- Born: John Evan Weston Davies 25 February 1909 Gloucester, Gloucestershire, England, United Kingdom
- Died: 9 April 1996 (aged 87) East Sussex, United Kingdom
- Occupation: Screenwriter
- Years active: 1955–1969

= Berkely Mather =

British writer (1909–1996)

John Evan Weston-Davies (25 February 1909 - 7 April 1996), also known as Jasper Davies and published under the name Berkely Mather, was a British writer who wrote fifteen published novels and a book of short stories. He also wrote for radio, television and film.

==Biography==

Shortly before World War I, Mather's family emigrated to Australia, where he received his education. He studied medicine, the family profession at Sydney University. Finding himself in England without job prospects at the height of the Great Depression, he enlisted in the Royal Horse Artillery, but was not accepted. He therefore applied to join the Indian Army, in which he rose through the ranks, becoming a sergeant at the start of World War II in 1939. He served in the Iraq campaign under William Slim, and ended the war as an acting lieutenant-colonel. After India gained independence in 1947, he rejoined the British Army, serving in the Royal Artillery until he retired in 1959.

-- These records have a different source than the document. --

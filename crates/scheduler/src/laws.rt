//! Laws of jobs, as contracts of functions that do nothing.

ghost use Rattle.scheduler.specs.Jobs.{LentJobsComeBack};

/// What comes of a job that was lent can be settled.
pub fn lent_jobs_come_back()
    ensures { LentJobsComeBack }
{}
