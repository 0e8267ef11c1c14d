//! The scheduler: admits the entries of a log in its order, lends each its rows, and
//! settles it, in whatever order jobs come back.
//!
//! Proved of `Scheduler`, over any entries, plans of any threshold and room, in whatever order it is called, by
//! `admit`, `lend`, `settle`, `step`, `play`, `choose`, `next_event` and `settle_held`: each event is made exactly
//! where it is enabled, and changes what its step says; a `step` that makes nothing changes nothing. `lend`: the least
//! transaction whose rows may be lent; its job shows the rows of the serial run on what its plan locks, and no plan
//! that is out is in conflict with it. `settle`: a transaction whose job is given back is ready and not out.
//! `run_next`: exactly where the next transaction would be ready as soon as it is admitted, it is settled at once, with
//! no lock and no loan, and with the outcome of the serial run. `reply`, `into_finished`: those of the serial run, in
//! log order. `observe`: jobs that are here show the serial rows, and no two plans that are out are in conflict.
//! `run_job`: the entry's outcome on every database that agrees with the loan on what its plan locks, and the rows that
//! the loan then shows; if allocation fails the job comes back as it was lent. `settle`, `settle_held`, `next_event`,
//! `is_done`, `reply` and `into_finished` can't run out of memory.
//!
//! Not proved: that allocation failed where an answer says so, or where a job comes back.
#![tactic(auto)]

mod choosing;
mod finished;
mod job;
mod laws;
mod lending;
mod parts;
mod planning;
mod playing;
mod scheduler;
mod settling;
mod slot;
mod straight;

pub use finished::{Finished, Outcomes};
pub use job::{Done, Job, run_job};
pub use laws::lent_jobs_come_back;
pub use planning::plan_of;
pub use scheduler::{AdmitFault, Scheduler, Unmade};
pub use scheduler_core::{Event, StepAnswer};
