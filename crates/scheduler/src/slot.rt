//! What there is of an admitted transaction.

ghost use Rattle.std.specs.Prelude.{◌≡◌, ◌<◌, ◌≤◌, ℕ, true, false, length, map, Some, None, IfSome, is_some, slice_get, slice_set};
ghost use Rattle.scheduler_core.specs.Phases.{is_idle, was_run, is_settled};
ghost use Rattle.scheduler.specs.JobRuns.{JobOf};
ghost use Rattle.scheduler.specs.Schedules.{phase_in};

use crate::job::Job;
use meaning::Outcome;
use std::mem;

/// What there is of an admitted transaction.
#[derive(Drop)]
pub enum Slot {
    /// It is not out.
    Idle,
    /// Its job is with the caller.
    Lent,
    /// Its job is here, and was not run.
    Held(Job),
    /// Its job is here, and was run.
    Ran(Job, Outcome),
    Settled(Outcome),
}

/// Puts something else in a slot.
pub(crate) fn put(slots: &mut Vec<Slot>, place: usize, slot: Slot)
    requires { place < length slots.old.items }
    ensures { slots.new.items ≡ slice_set slots.old.items place slot }
{
    slots[place] = slot;
}

/// Whether a transaction is admitted and neither out nor settled.
pub(crate) fn is_idle(slots: &[Slot], place: usize) -> bool
    ensures idle { result ≡ is_idle (slice_get (map phase_in slots.now) place) }
    ensures slot { result ≡ true → slice_get slots.now place ≡ Some Slot.Idle }
{
    matches!(slots.get(place), Some(Slot::Idle))
}

/// Takes out a job that is here and was not run; its slot is as if the job were with the caller.
pub(crate) fn take_held(slots: &mut Vec<Slot>, place: usize) -> Option<Job>
    ensures was { IfSome result (λ job. slice_get slots.old.items place ≡ Some (Slot.Held job)) }
    ensures taken { IfSome result (λ _. slots.new.items ≡ slice_set slots.old.items place Slot.Lent) }
    ensures none { result ≡ None → (job : JobOf) → slice_get slots.old.items place ≡ Some (Slot.Held job) → ⊥ }
    ensures same { result ≡ None → slots.new.items ≡ slots.old.items }
{
    if place >= slots.len() {
        return None;
    }
    let slot = &mut slots[place];
    match mem::replace(slot, Slot::Lent) {
        Slot::Held(job) => Some(job),
        other => {
            *slot = other;
            None
        }
    }
}

/// Takes out a job that is here and was run, with its outcome; its slot is as if the job were with the caller.
pub(crate) fn take_run(slots: &mut Vec<Slot>, place: usize) -> Option<(Job, Outcome)>
    ensures was { IfSome result (λ done. slice_get slots.old.items place ≡ Some (Slot.Ran done.0 done.1)) }
    ensures taken { IfSome result (λ _. slots.new.items ≡ slice_set slots.old.items place Slot.Lent) }
    ensures none { result ≡ None → was_run (slice_get (map phase_in slots.old.items) place) ≡ false }
    ensures same { result ≡ None → slots.new.items ≡ slots.old.items }
{
    if place >= slots.len() {
        return None;
    }
    let slot = &mut slots[place];
    match mem::replace(slot, Slot::Lent) {
        Slot::Ran(job, outcome) => Some((job, outcome)),
        other => {
            *slot = other;
            None
        }
    }
}

/// The outcome that is kept of a settled transaction.
pub(crate) fn outcome_at(slots: &[Slot], place: usize) -> Option<&Outcome>
    ensures kept { IfSome result (λ outcome. slice_get slots.now place ≡ Some (Slot.Settled outcome.now)) }
    ensures which { is_some result ≡ is_settled (slice_get (map phase_in slots.now) place) }
{
    match slots.get(place) {
        Some(Slot::Settled(outcome)) => Some(outcome),
        _ => None,
    }
}

/// How many leading transactions are settled, where `known` are known to be.
pub(crate) fn count_settled(slots: &[Slot], known: usize) -> usize
    requires before { (place : ℕ) → place < known → is_settled (slice_get (map phase_in slots.now) place) ≡ true }
    requires within { known ≤ length slots.now }
    ensures before { (place : ℕ) → place < result → is_settled (slice_get (map phase_in slots.now) place) ≡ true }
    ensures next { is_settled (slice_get (map phase_in slots.now) result) ≡ false }
    ensures within { result ≤ length slots.now }
    ensures known { known ≤ result }
{
    let mut count = known;
    while outcome_at(slots, count).is_some() {
        count += 1;
    }
    count
}
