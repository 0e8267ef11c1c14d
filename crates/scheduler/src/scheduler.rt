//! The scheduler.

ghost use Rattle.std.specs.Prelude.{◌≡◌, ◌↔◌, ◌<◌, ◌≤◌, ◌+◌, ◌-◌, ◌^◌, true, false, [], ◌∷◌, ◌++◌, length, map, None, Ok, Err, IfOk, IfErr, IfSome, OnOk, OnErr, slice_set};
ghost use Rattle.std.specs.FinMap as finite;
ghost use Rattle.scheduler_core.specs.declared.event.Event.{Event as AnyEvent};
ghost use Rattle.interp.specs.Entries.{entry_shape};
ghost use Rattle.interp.specs.Over.{AreEntriesOver};
ghost use Rattle.scheduler.specs.Logs.{ArePlansOf};
ghost use Rattle.scheduler.specs.Schedules.{work_of};
ghost use Rattle.scheduler.specs.Moments.{can_make, LacksRoom, IsLeastLendAt};
ghost use Rattle.scheduler.specs.Jobs.{LendsTo, ComesBack, number_of_job};

use crate::job::{Done, Job};
use crate::lending::{give_back, lend_to, take_back};
use crate::planning::Plans;
use crate::slot::{Slot, count_settled, put};
use catalogue::Catalogue;
use coarsen::{clashes_are_either_way, plan_is_one, plans_serve};
use interp::Entry;
use lock_tree::LockTree;
use row_store::RowStore;
use scheduler_core::{admitted_and_unsettled_wait, events_by_places, rows_are_serial};
use std::alloc::Global;
use std::marker::Model;
use std::snapshot::Snapshot;
use thiserror::Error;
use values::NoMemory;

/// Why a transaction was not admitted.
#[derive(Clone, Copy, Debug, PartialEq, Eq, Error)]
pub enum AdmitFault {
    /// All transactions are admitted.
    #[error("all transactions are admitted")]
    AllAdmitted,
    /// There is less room than the next plan has requests.
    #[error("less room than the next plan has requests")]
    Full,
    #[error("out of memory")]
    NoMemory,
}

/// The entries of a log on their way: each is admitted, lent its rows, run and settled. Whatever the order of these
/// steps, what comes of each is what the log gives run one by one.
#[derive(Drop)]
pub struct Scheduler {
    pub(crate) alloc: Global,
    pub(crate) catalogue: Catalogue,
    pub(crate) store: RowStore,
    pub(crate) locks: LockTree,
    pub(crate) threshold: usize,
    // Room for `arena` requests.
    pub(crate) arena: usize,
    pub(crate) first: u64,
    pub(crate) entries: Vec<Entry>,
    // One for each transaction that is admitted and not settled, and for the next one, while there are such.
    pub(crate) plans: Plans,
    pub(crate) slots: Vec<Slot>,
    // How many leading transactions are settled.
    pub(crate) settled: usize,
    pub(crate) start: Snapshot<RowStore>,
}

impl Model for Scheduler {
    ghost use Rattle.scheduler.specs.Schedules.{Schedule, schedule_code, work_of};
    ghost use Rattle.scheduler.specs.Logs.{plans_for};
    ghost use Rattle.scheduler.specs.Scheduled.{IsFitting, IsScheduled, AreSettledBefore, HasPlans};

    ghost Value = { Schedule };

    ghost coded = { schedule_code };

    ghost view = { λ s. record {
      work = work_of s.catalogue s.arena s.first s.entries.items (plans_for s.threshold s.arena s.entries.items)
          s.start.value.rows;
      slots = s.slots.items;
    } };

    ghost invariant = { λ s.
        IsFitting (work_of s.catalogue s.arena s.first s.entries.items
        (plans_for s.threshold s.arena s.entries.items) s.start.value.rows)
        × IsScheduled (work_of s.catalogue s.arena s.first s.entries.items
        (plans_for s.threshold s.arena s.entries.items) s.start.value.rows)
        s.slots.items s.store s.locks
        × AreSettledBefore s.slots.items s.settled
        × HasPlans (work_of s.catalogue s.arena s.first s.entries.items
        (plans_for s.threshold s.arena s.entries.items) s.start.value.rows)
        s.slots.items s.settled s.plans.from s.plans.made.items };
}

/// What a scheduler was to be made of, where allocation failed.
pub type Unmade = (Catalogue, RowStore, Vec<Entry>, NoMemory);

impl Scheduler {
    /// A scheduler of these entries on these rows, with nothing admitted. The entries are over the catalogue, nothing
    /// is lent of the rows, and the numbers, from the first one on, are below 2^48. More than `threshold` rows of a
    /// partition, or partitions of a table, are locked as one; the lock tree has room for `arena` requests, at least 1.
    /// `threshold` may be 0, and there may be no entry. If allocation fails, all comes back.
    pub fn new(
        alloc: Global,
        catalogue: Catalogue,
        store: RowStore,
        entries: Vec<Entry>,
        first: u64,
        threshold: usize,
        arena: usize,
    ) -> Result<Scheduler, Unmade>
        requires tables { store.tables ≡ catalogue }
        requires unlent { store.lent ≡ finite.empty }
        requires over { AreEntriesOver catalogue entries.items }
        requires few { first + length entries.items ≤ 2 ^ 48 }
        requires room { 0 < arena }
        ensures start { IfOk result (λ scheduler.
            scheduler ≡ record {
              work = work_of catalogue arena first entries.items scheduler.work.plans store.rows;
              slots = [];
            }) }
        ensures plans { IfOk result (λ scheduler.
            ArePlansOf threshold arena (map entry_shape entries.items) scheduler.work.plans) }
        ensures back { IfErr result (λ unmade. (unmade.0 ≡ catalogue) × (unmade.1 ≡ store) ×
            (unmade.2.items ≡ entries.items)) }
    {
        // proof: who waits in the lock tree, and what the rows are.
        admitted_and_unsettled_wait();
        rows_are_serial();
        plan_is_one();
        plans_serve();
        let _tables = catalogue.len();
        let Ok(locks) = LockTree::new(alloc, arena) else {
            return Err((catalogue, store, entries, NoMemory));
        };
        let start = Snapshot::of(&store);
        Ok(Scheduler {
            alloc,
            catalogue,
            store,
            locks,
            threshold,
            arena,
            first,
            entries,
            plans: Plans::new(alloc),
            slots: Vec::new(alloc),
            settled: 0,
            start,
        })
    }

    /// Admits the next transaction: makes its plan, its lock requests, and room for its reply; and the plan of the one
    /// after it. Transactions are admitted in the order of the log, so locks are granted in that order (Calvin, 2012).
    /// `AllAdmitted` comes exactly where there is no next one, `Full` exactly where the lock tree has less room than
    /// its plan has requests; else the error is that allocation failed. On an error nothing has changed.
    pub fn admit(&mut self) -> Result<u64, AdmitFault>
        ensures enabled { OnOk result (can_make self.old AnyEvent.Admit ≡ true) }
        ensures number { IfOk result (λ number. number ≡ self.old.work.first + length self.old.slots) }
        ensures admitted { OnOk result (self.new ≡ record self.old { slots = self.old.slots ++ Slot.Idle ∷ [] }) }
        // All are admitted exactly where it says so.
        ensures all { (result ≡ Err AdmitFault.AllAdmitted) ↔ (length self.old.work.entries ≤ length self.old.slots) }
        // Full exactly where there is a next one, and less room than its plan has requests.
        ensures full { (result ≡ Err AdmitFault.Full) ↔ LacksRoom self.old }
        ensures last { result ≡ Err AdmitFault.AllAdmitted → can_make self.old AnyEvent.Admit ≡ false }
        ensures err { OnErr result (self.new ≡ self.old) }
    {
        // proof: who waits in the lock tree, and what the rows are.
        admitted_and_unsettled_wait();
        rows_are_serial();
        let place = self.slots.len();
        if place >= self.entries.len() {
            return Err(AdmitFault::AllAdmitted);
        }
        if !self.can_admit() {
            return Err(AdmitFault::Full);
        }
        let Ok(()) = self.plans.make_next(
            self.alloc,
            &self.entries,
            self.threshold,
            self.arena,
            self.settled,
            place,
        )
        else {
            return Err(AdmitFault::NoMemory);
        };
        let no = self.first + place as u64;
        if self.slots.push(Slot::Idle).is_err() {
            return Err(AdmitFault::NoMemory);
        }
        match self.locks.enqueue(no, self.plans.at(place)) {
            Ok(()) => Ok(no),
            Err(_) => {
                self.slots.truncate(place);
                Err(AdmitFault::NoMemory)
            }
        }
    }

    /// Lends its rows to the ready transaction of the least number that is not out, if there is one. On an error
    /// nothing has changed.
    pub fn lend(&mut self) -> Result<Option<Job>, NoMemory>
        ensures least { IfOk result (λ found. IsLeastLendAt self.old (number_of_job found)) }
        // The job shows the rows of the serial run at its place, on the row names that its plan locks, and its plan is
        // in conflict with none that is out.
        ensures lent { IfOk result (λ found. LendsTo self.old found self.new) }
        ensures err { OnErr result (self.new ≡ self.old) }
    {
        // proof: who waits in the lock tree, and what the rows are.
        admitted_and_unsettled_wait();
        rows_are_serial();
        clashes_are_either_way();
        let Some(no) = self.locks.next_ready() else {
            return Ok(None);
        };
        let place = (no - self.first) as usize;
        let job = lend_to(
            self.alloc,
            &mut self.store,
            &mut self.locks,
            no,
            &self.entries[place],
            self.plans.at(place),
        )?;
        put(&mut self.slots, place, Slot::Lent);
        Ok(Some(job))
    }

    /// Settles a job that came back: its transaction is settled with its outcome, or, where it was not run, is not out
    /// any more, and is ready: it can be lent its rows again. It takes no memory.
    pub fn settle(&mut self, done: Done)
        requires { ComesBack self.old done }
        ensures settled { IfSome done.outcome (λ outcome.
            self.new ≡ record self.old {
              slots = slice_set self.old.slots (done.job.no - self.old.work.first)
                  (Slot.Settled outcome);
            }) }
        ensures back { done.outcome ≡ None →
            self.new ≡ record self.old {
              slots = slice_set self.old.slots
                  (done.job.no - self.old.work.first) Slot.Idle;
            } }
        ensures ready { done.outcome ≡ None → can_make self.new (AnyEvent.Lend done.job.no) ≡ true }
    {
        // proof: who waits in the lock tree, and what the rows are.
        admitted_and_unsettled_wait();
        rows_are_serial();
        events_by_places();
        let no = done.no();
        let place = (no - self.first) as usize;
        let (job, outcome) = done.into_parts();
        match outcome {
            Some(outcome) => {
                give_back(&mut self.store, &mut self.locks, no, job);
                put(&mut self.slots, place, Slot::Settled(outcome));
                self.settled = count_settled(&self.slots, self.settled);
            }
            None => {
                take_back(&mut self.store, &mut self.locks, no, job);
                put(&mut self.slots, place, Slot::Idle);
            }
        }
    }
}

He scripted his first TV series, Tales from Soho in the mid-1950s. Produced by Tony Richardson, it featured his detective Inspector Charlesworth (played by John Welsh), who was used again in later productions. Other TV work included African Patrol, Z Cars, The Avengers and the American series I Spy. Mather's first novel, The Achilles Affair (1959), was a minor best-seller, and his second, The Pass Beyond Kashmir (1960), which received glowing reviews from Ian Fleming and Erle Stanley Gardner, did even better. Ernest Hemingway owned copies of both these novels. Mather's espionage thrillers can be read separately, but are linked to each other by recurring characters, in particular the sardonic and resourceful British agent Idwal Rees, who appears in The Pass Beyond Kashmir, The Terminators and Snowline. His last three novels were a trilogy that followed the fortunes of the Stafford family in the Near and Far East from the middle of the nineteenth century to the middle of the twentieth.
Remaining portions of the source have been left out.